The hardest part about placing a to-go order from Central Michel Richard is actually spitting out the words over the phone: "Yes, I'd like a bucket of fried chicken, please." It's sort of like calling the White House and asking to speak to the groundskeeper.

Just as mind-boggling: Richard, the local French chef-restaurateur better known for his haute eye candy, says KFC was the inspiration behind his bucketful of fried chicken, one of many items on Central's new to-go lunch menu. (In addition to ordering by phone, you can place a walk-in order and wait 15 minutes in the lounge.) It seems that back in the mid-1970s, when Richard was working in Manhattan, he and a friend made a road trip to Boston and detoured to one of the Colonel's outlets.

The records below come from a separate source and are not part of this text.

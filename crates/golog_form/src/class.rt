// The classes of bytes: what a byte that stands outside comments is.
ghost use Rattle.std.specs.Prelude.{◌≡◌};
ghost use Rattle.golog_form.specs.Tokens.{class};

/// What a byte outside comments is.
#[derive(Clone, Copy, Debug, PartialEq, Eq)]
pub enum ByteClass {
    /// Space, tab, line feed and carriage return.
    Separator,
    /// Begins a comment, which ends with the line.
    Semicolon,
    Open,
    Close,
    /// A letter, a digit, `_`, `+`, `-`, `=` or `<`.
    Atom,
    /// Has no class.
    Bad,
}

/// The class of a byte that stands outside comments.
pub fn class_of(byte: u8) -> ByteClass
    ensures { result ≡ class byte }
{
    match byte {
        b' ' | b'\t' | b'\n' | b'\r' => ByteClass::Separator,
        b';' => ByteClass::Semicolon,
        b'(' => ByteClass::Open,
        b')' => ByteClass::Close,
        b'A'..=b'Z' | b'a'..=b'z' | b'0'..=b'9' | b'_' | b'+' | b'-' | b'=' | b'<' =>
            ByteClass::Atom,
        _ => ByteClass::Bad,
    }
}
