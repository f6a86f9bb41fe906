// `Form`, an atom or a list of forms, with its places in the text, and its parts.
ghost use Rattle.std.specs.Prelude.{◌≡◌, Some, None, MatchOption};
ghost use Rattle.golog_form.specs.Shape.{place_of, atom_of, items_of};

use golog_base::{Bytes, List};

/// An atom or a list of forms, with the place of its first byte and the place after its last, in bytes
/// from 0.
#[derive(Debug, Drop)]
pub enum Form {
    /// A longest run of letters, digits, `_`, `+`, `-`, `=` and `<`.
    Atom {
        text: Bytes,
        at: u32,
        end: u32,
    },
    /// What stands between a `(` and its `)`, maybe nothing.
    Group {
        items: List<Form>,
        at: u32,
        end: u32,
    },
}

impl Form {
    /// The place of the first byte.
    pub fn at(&self) -> u32
        ensures { result ≡ place_of self.now }
    {
        match self {
            Form::Atom { at, .. } | Form::Group { at, .. } => *at,
        }
    }

    /// The text of an atom; `None` for a list.
    pub fn atom(&self) -> Option<&[u8]>
        ensures { MatchOption result (atom_of self.now ≡ None) (λ text. atom_of self.now ≡ Some text.now) }
    {
        match self {
            Form::Atom { text, .. } => Some(text.as_slice()),
            Form::Group { .. } => None,
        }
    }

    /// The items of a list; `None` for an atom.
    pub fn items(&self) -> Option<&[Form]>
        ensures { MatchOption result (items_of self.now ≡ None)
            (λ items. items_of self.now ≡ Some items.now) }
    {
        match self {
            Form::Atom { .. } => None,
            Form::Group { items, .. } => Some(items.as_slice()),
        }
    }
}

"I fell in love with the texture of the fried chicken: crisp, crisp, crunch, crunch," Richard recalls, laughing. "That texture, I never saw that in France before."

If Richard's fried chicken proves anything, it's that "context" is not some lofty term exclusive to conceptual artists. Inside the warm golden cocoon of Central, the chef's signature chicken is just another part of the refined gustatory experience, a chef-driven take on the people's fast food. Outside those downtown walls, however, Richard's dish is transformed into God's takeout, immediately reordering the hierarchy of to-go fried chicken options into Central and everybody else. Granted, deities will have an easier time coughing up $29.95 for three breasts, three bone-in thighs, six "nuggets," a container of mashed potatoes and creamy Dijon dipping sauce.

This chicken is no hothouse flower. The bird parts travel well. We at The Post Food section didn't dig into our bucket until an hour after the scheduled pickup time. While cooler than normal, the chicken remained crisp and moist, its flavors still concentrated inside Richard's unique binder. Like most chefs, Richard at first tried to bind day-old bread crumbs (he prefers the term "bread lumps") to his chicken by using egg. It didn't work. That's when he developed his "chicken mayonnaise," an integral part of the fried chicken recipe found in the chef's "Happy in the Kitchen" cookbook (Artisan, 2006).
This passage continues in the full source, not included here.